2026-05-15
Modern x86 cores execute instructions out of order — issuing whichever instruction has its operands ready, regardless of program order. But architecturally, software must observe results as if instructions ran sequentially. The bridge between these two realities is the Reorder Buffer (ROB).
When the front-end decodes an instruction, it allocates a ROB entry and renames its destination register to a physical register from the pool. The instruction is dispatched to a scheduler, executes whenever ready, and writes its result into the physical register. The ROB entry is marked "complete" — but the result is speculative. It is not yet architecturally visible.
Only at retirement — when the ROB's head pointer reaches the entry — does the result commit: the architectural register file is updated, stores drain to the store buffer, exceptions fire, and the instruction is "really done." Retirement happens strictly in program order, even though execution didn't.
Why this matters:
Size rule of thumb: Intel Golden Cove has a 512-entry ROB; Apple's M3 has ~670; Zen 4 has 320. Multiply by retire width (typically 6–8 instructions/cycle on modern cores) to get the maximum in-flight window. At 4 GHz with a 512-entry ROB, the CPU can have ~128 ns of work speculatively buffered — roughly one DRAM round trip.
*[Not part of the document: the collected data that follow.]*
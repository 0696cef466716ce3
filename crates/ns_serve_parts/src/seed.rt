//! What the tables under numbers from outside are hashed with.

use std::collections::hash_map::RandomState;
use std::io;
use std::random::RandomSource;
use std::time::{Clock, Duration};

// The time at which a server began, by both clocks to the nanosecond, which nobody outside knows.
#[derive(Clone, Copy)]
struct Began {
    since_1970: Duration,
    since_boot: Duration,
}

impl RandomSource for Began {
    fn fill_bytes(&self, buf: &mut [u8]) -> io::Result<()> {
        let front = self.since_1970.as_nanos().to_le_bytes();
        let back = self.since_boot.as_nanos().to_le_bytes();
        for (byte, known) in buf.iter_mut().zip(front.iter().zip(back.iter())) {
            *byte = known.0 ^ known.1.reverse_bits();
        }
        Ok(())
    }
}

/// Keys of a hash that no choice of numbers from outside makes slow.
pub fn keys<R: Clock>(rt: &R) -> io::Result<RandomState> {
    let began = Began {
        since_1970: rt.since_1970()?,
        since_boot: rt.monotonic()?,
    };
    RandomState::new(&began)
}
Concrete example: Consider load r1, [rsi]; add r2, r3, r4; sub r5, r2, 1; load r6, [rdi]. The first load misses to DRAM (200 cycles). The independent add and sub execute in cycles 2–3 and sit completed in the ROB. The second load issues immediately — memory-level parallelism. All three wait for the head load to retire before any architectural state changes. If the CPU ran out of ROB entries while waiting, the front-end stalls — this is why ROB size directly bounds memory-level parallelism on cache-miss-heavy workloads.
When you see a "backend stall: ROB full" counter in perf, you've found a workload bottlenecked not by compute but by the CPU's ability to hide latency.